§ **ASSIGNMENT**
Retype the records that follow, every line exactly as written.
== Segment start ==
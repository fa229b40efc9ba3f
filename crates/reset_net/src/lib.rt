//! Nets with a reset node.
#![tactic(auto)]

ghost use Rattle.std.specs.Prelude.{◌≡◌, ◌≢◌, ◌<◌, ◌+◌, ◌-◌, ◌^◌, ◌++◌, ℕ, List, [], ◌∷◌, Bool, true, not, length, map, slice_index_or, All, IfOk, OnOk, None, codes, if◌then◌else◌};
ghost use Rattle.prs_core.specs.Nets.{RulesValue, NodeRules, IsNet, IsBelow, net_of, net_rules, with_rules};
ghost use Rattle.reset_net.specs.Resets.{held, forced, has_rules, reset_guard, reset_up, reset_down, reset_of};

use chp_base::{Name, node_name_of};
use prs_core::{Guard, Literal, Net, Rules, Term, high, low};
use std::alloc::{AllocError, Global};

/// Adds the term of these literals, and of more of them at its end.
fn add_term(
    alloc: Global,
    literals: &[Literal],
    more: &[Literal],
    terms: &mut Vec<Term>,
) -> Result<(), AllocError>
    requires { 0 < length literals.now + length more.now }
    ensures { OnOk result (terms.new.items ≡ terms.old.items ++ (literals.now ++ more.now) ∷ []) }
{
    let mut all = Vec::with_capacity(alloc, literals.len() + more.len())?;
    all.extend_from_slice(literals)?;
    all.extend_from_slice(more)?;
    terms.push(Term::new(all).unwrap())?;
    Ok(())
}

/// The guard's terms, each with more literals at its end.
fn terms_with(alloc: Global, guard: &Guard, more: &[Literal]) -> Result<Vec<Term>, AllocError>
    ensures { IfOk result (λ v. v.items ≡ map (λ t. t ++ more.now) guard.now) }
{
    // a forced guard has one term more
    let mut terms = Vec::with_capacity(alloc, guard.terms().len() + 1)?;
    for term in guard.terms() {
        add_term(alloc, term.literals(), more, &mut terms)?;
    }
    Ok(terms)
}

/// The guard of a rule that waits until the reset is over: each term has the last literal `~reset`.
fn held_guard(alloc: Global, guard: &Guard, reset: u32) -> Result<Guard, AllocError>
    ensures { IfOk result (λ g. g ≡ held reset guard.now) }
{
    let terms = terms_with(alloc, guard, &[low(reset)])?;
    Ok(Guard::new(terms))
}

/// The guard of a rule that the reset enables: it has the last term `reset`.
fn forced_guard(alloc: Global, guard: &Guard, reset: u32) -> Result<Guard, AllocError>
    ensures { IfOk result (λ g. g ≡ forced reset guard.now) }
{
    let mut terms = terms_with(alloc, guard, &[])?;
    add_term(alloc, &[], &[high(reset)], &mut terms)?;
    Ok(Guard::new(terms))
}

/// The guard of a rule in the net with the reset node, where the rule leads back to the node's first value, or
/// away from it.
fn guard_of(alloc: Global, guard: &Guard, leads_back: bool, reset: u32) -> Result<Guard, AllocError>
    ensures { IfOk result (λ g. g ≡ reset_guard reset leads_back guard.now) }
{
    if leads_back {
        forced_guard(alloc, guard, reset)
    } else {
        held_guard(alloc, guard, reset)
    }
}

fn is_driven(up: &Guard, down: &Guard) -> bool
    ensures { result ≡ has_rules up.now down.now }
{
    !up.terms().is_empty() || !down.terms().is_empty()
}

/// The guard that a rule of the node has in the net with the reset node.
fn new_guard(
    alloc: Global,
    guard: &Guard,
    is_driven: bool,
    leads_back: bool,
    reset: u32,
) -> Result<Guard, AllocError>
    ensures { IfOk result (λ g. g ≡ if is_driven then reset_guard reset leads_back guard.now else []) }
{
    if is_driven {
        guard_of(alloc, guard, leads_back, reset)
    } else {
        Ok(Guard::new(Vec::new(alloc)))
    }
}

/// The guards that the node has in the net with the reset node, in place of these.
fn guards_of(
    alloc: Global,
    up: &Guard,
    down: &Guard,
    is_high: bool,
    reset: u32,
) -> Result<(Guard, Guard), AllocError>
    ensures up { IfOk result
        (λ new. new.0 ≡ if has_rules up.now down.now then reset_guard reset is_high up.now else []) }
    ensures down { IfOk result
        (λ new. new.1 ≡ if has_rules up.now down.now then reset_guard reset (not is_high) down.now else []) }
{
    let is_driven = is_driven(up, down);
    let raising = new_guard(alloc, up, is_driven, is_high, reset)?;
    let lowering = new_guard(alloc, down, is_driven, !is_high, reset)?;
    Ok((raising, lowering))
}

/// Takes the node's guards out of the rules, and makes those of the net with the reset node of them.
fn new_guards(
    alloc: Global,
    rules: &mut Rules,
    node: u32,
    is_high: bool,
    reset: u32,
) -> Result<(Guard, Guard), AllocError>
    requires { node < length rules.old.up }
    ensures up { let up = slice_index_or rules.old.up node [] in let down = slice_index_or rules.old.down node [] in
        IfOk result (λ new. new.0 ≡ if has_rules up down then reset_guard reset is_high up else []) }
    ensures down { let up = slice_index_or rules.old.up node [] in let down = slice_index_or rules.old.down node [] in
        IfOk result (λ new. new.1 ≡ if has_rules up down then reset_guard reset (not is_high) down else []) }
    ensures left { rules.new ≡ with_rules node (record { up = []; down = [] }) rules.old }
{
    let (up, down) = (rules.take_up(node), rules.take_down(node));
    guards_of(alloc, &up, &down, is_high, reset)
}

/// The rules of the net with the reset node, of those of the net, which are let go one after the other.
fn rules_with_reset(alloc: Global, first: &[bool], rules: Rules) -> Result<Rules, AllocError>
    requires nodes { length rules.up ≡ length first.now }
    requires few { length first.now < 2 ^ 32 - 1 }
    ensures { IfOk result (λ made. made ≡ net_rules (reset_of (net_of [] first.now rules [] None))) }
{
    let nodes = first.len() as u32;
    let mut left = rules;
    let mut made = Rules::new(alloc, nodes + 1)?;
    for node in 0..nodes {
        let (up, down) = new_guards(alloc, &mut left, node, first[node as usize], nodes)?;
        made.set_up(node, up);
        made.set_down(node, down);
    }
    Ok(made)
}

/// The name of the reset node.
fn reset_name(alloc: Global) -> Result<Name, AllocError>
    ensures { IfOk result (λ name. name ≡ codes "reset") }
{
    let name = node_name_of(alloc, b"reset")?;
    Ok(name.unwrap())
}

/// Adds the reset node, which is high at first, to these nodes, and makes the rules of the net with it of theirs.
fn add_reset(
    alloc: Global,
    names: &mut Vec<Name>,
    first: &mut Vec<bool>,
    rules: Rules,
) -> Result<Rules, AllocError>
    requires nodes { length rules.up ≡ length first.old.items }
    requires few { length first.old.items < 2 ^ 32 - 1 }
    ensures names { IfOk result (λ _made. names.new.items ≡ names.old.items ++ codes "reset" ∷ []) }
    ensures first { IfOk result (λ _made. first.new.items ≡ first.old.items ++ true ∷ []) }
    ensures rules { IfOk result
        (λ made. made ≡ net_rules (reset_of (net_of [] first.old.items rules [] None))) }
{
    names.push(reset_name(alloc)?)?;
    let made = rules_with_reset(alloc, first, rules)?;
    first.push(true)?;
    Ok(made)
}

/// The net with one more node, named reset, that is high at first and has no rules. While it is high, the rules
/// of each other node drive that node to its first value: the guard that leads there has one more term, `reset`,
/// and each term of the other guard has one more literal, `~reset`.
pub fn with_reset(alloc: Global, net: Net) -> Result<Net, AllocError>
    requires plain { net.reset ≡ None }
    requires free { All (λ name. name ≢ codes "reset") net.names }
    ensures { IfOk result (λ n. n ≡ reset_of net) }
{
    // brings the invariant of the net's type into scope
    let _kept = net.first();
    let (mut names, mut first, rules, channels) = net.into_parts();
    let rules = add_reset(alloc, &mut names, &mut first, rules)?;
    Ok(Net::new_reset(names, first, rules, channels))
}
== Segment end ==
§ **SOLUTION FOR THIS TASK**
repository fa229b40efc9ba3f
filename crates/reset_net/src/lib.rt
//! Nets with a reset node.
#![tactic(auto)]

ghost use Rattle.std.specs.Prelude.{◌≡◌, ◌≢◌, ◌<◌, ◌+◌, ◌-◌, ◌^◌, ◌++◌, ℕ, List, [], ◌∷◌, Bool, true, not, length, map, slice_index_or, All, IfOk, OnOk, None, codes, if◌then◌else◌};
ghost use Rattle.prs_core.specs.Nets.{RulesValue, NodeRules, IsNet, IsBelow, net_of, net_rules, with_rules};
ghost use Rattle.reset_net.specs.Resets.{held, forced, has_rules, reset_guard, reset_up, reset_down, reset_of};

use chp_base::{Name, node_name_of};
use prs_core::{Guard, Literal, Net, Rules, Term, high, low};
use std::alloc::{AllocError, Global};

/// Adds the term of these literals, and of more of them at its end.
fn add_term(
    alloc: Global,
    literals: &[Literal],
    more: &[Literal],
    terms: &mut Vec<Term>,
) -> Result<(), AllocError>
    requires { 0 < length literals.now + length more.now }
    ensures { OnOk result (terms.new.items ≡ terms.old.items ++ (literals.now ++ more.now) ∷ []) }
{
    let mut all = Vec::with_capacity(alloc, literals.len() + more.len())?;
    all.extend_from_slice(literals)?;
    all.extend_from_slice(more)?;
    terms.push(Term::new(all).unwrap())?;
    Ok(())
}

/// The guard's terms, each with more literals at its end.
fn terms_with(alloc: Global, guard: &Guard, more: &[Literal]) -> Result<Vec<Term>, AllocError>
    ensures { IfOk result (λ v. v.items ≡ map (λ t. t ++ more.now) guard.now) }
{
    // a forced guard has one term more
    let mut terms = Vec::with_capacity(alloc, guard.terms().len() + 1)?;
    for term in guard.terms() {
        add_term(alloc, term.literals(), more, &mut terms)?;
    }
    Ok(terms)
}

/// The guard of a rule that waits until the reset is over: each term has the last literal `~reset`.
fn held_guard(alloc: Global, guard: &Guard, reset: u32) -> Result<Guard, AllocError>
    ensures { IfOk result (λ g. g ≡ held reset guard.now) }
{
    let terms = terms_with(alloc, guard, &[low(reset)])?;
    Ok(Guard::new(terms))
}

/// The guard of a rule that the reset enables: it has the last term `reset`.
fn forced_guard(alloc: Global, guard: &Guard, reset: u32) -> Result<Guard, AllocError>
    ensures { IfOk result (λ g. g ≡ forced reset guard.now) }
{
    let mut terms = terms_with(alloc, guard, &[])?;
    add_term(alloc, &[], &[high(reset)], &mut terms)?;
    Ok(Guard::new(terms))
}

/// The guard of a rule in the net with the reset node, where the rule leads back to the node's first value, or
/// away from it.
fn guard_of(alloc: Global, guard: &Guard, leads_back: bool, reset: u32) -> Result<Guard, AllocError>
    ensures { IfOk result (λ g. g ≡ reset_guard reset leads_back guard.now) }
{
    if leads_back {
        forced_guard(alloc, guard, reset)
    } else {
        held_guard(alloc, guard, reset)
    }
}

fn is_driven(up: &Guard, down: &Guard) -> bool
    ensures { result ≡ has_rules up.now down.now }
{
    !up.terms().is_empty() || !down.terms().is_empty()
}

/// The guard that a rule of the node has in the net with the reset node.
fn new_guard(
    alloc: Global,
    guard: &Guard,
    is_driven: bool,
    leads_back: bool,
    reset: u32,
) -> Result<Guard, AllocError>
    ensures { IfOk result (λ g. g ≡ if is_driven then reset_guard reset leads_back guard.now else []) }
{
    if is_driven {
        guard_of(alloc, guard, leads_back, reset)
    } else {
        Ok(Guard::new(Vec::new(alloc)))
    }
}

/// The guards that the node has in the net with the reset node, in place of these.
fn guards_of(
    alloc: Global,
    up: &Guard,
    down: &Guard,
    is_high: bool,
    reset: u32,
) -> Result<(Guard, Guard), AllocError>
    ensures up { IfOk result
        (λ new. new.0 ≡ if has_rules up.now down.now then reset_guard reset is_high up.now else []) }
    ensures down { IfOk result
        (λ new. new.1 ≡ if has_rules up.now down.now then reset_guard reset (not is_high) down.now else []) }
{
    let is_driven = is_driven(up, down);
    let raising = new_guard(alloc, up, is_driven, is_high, reset)?;
    let lowering = new_guard(alloc, down, is_driven, !is_high, reset)?;
    Ok((raising, lowering))
}

/// Takes the node's guards out of the rules, and makes those of the net with the reset node of them.
fn new_guards(
    alloc: Global,
    rules: &mut Rules,
    node: u32,
    is_high: bool,
    reset: u32,
) -> Result<(Guard, Guard), AllocError>
    requires { node < length rules.old.up }
    ensures up { let up = slice_index_or rules.old.up node [] in let down = slice_index_or rules.old.down node [] in
        IfOk result (λ new. new.0 ≡ if has_rules up down then reset_guard reset is_high up else []) }
    ensures down { let up = slice_index_or rules.old.up node [] in let down = slice_index_or rules.old.down node [] in
        IfOk result (λ new. new.1 ≡ if has_rules up down then reset_guard reset (not is_high) down else []) }
    ensures left { rules.new ≡ with_rules node (record { up = []; down = [] }) rules.old }
{
    let (up, down) = (rules.take_up(node), rules.take_down(node));
    guards_of(alloc, &up, &down, is_high, reset)
}

/// The rules of the net with the reset node, of those of the net, which are let go one after the other.
fn rules_with_reset(alloc: Global, first: &[bool], rules: Rules) -> Result<Rules, AllocError>
    requires nodes { length rules.up ≡ length first.now }
    requires few { length first.now < 2 ^ 32 - 1 }
    ensures { IfOk result (λ made. made ≡ net_rules (reset_of (net_of [] first.now rules [] None))) }
{
    let nodes = first.len() as u32;
    let mut left = rules;
    let mut made = Rules::new(alloc, nodes + 1)?;
    for node in 0..nodes {
        let (up, down) = new_guards(alloc, &mut left, node, first[node as usize], nodes)?;
        made.set_up(node, up);
        made.set_down(node, down);
    }
    Ok(made)
}

/// The name of the reset node.
fn reset_name(alloc: Global) -> Result<Name, AllocError>
    ensures { IfOk result (λ name. name ≡ codes "reset") }
{
    let name = node_name_of(alloc, b"reset")?;
    Ok(name.unwrap())
}

/// Adds the reset node, which is high at first, to these nodes, and makes the rules of the net with it of theirs.
fn add_reset(
    alloc: Global,
    names: &mut Vec<Name>,
    first: &mut Vec<bool>,
    rules: Rules,
) -> Result<Rules, AllocError>
    requires nodes { length rules.up ≡ length first.old.items }
    requires few { length first.old.items < 2 ^ 32 - 1 }
    ensures names { IfOk result (λ _made. names.new.items ≡ names.old.items ++ codes "reset" ∷ []) }
    ensures first { IfOk result (λ _made. first.new.items ≡ first.old.items ++ true ∷ []) }
    ensures rules { IfOk result
        (λ made. made ≡ net_rules (reset_of (net_of [] first.old.items rules [] None))) }
{
    names.push(reset_name(alloc)?)?;
    let made = rules_with_reset(alloc, first, rules)?;
    first.push(true)?;
    Ok(made)
}

/// The net with one more node, named reset, that is high at first and has no rules. While it is high, the rules
/// of each other node drive that node to its first value: the guard that leads there has one more term, `reset`,
/// and each term of the other guard has one more literal, `~reset`.
pub fn with_reset(alloc: Global, net: Net) -> Result<Net, AllocError>
    requires plain { net.reset ≡ None }
    requires free { All (λ name. name ≢ codes "reset") net.names }
    ensures { IfOk result (λ n. n ≡ reset_of net) }
{
    // brings the invariant of the net's type into scope
    let _kept = net.first();
    let (mut names, mut first, rules, channels) = net.into_parts();
    let rules = add_reset(alloc, &mut names, &mut first, rules)?;
    Ok(Net::new_reset(names, first, rules, channels))
}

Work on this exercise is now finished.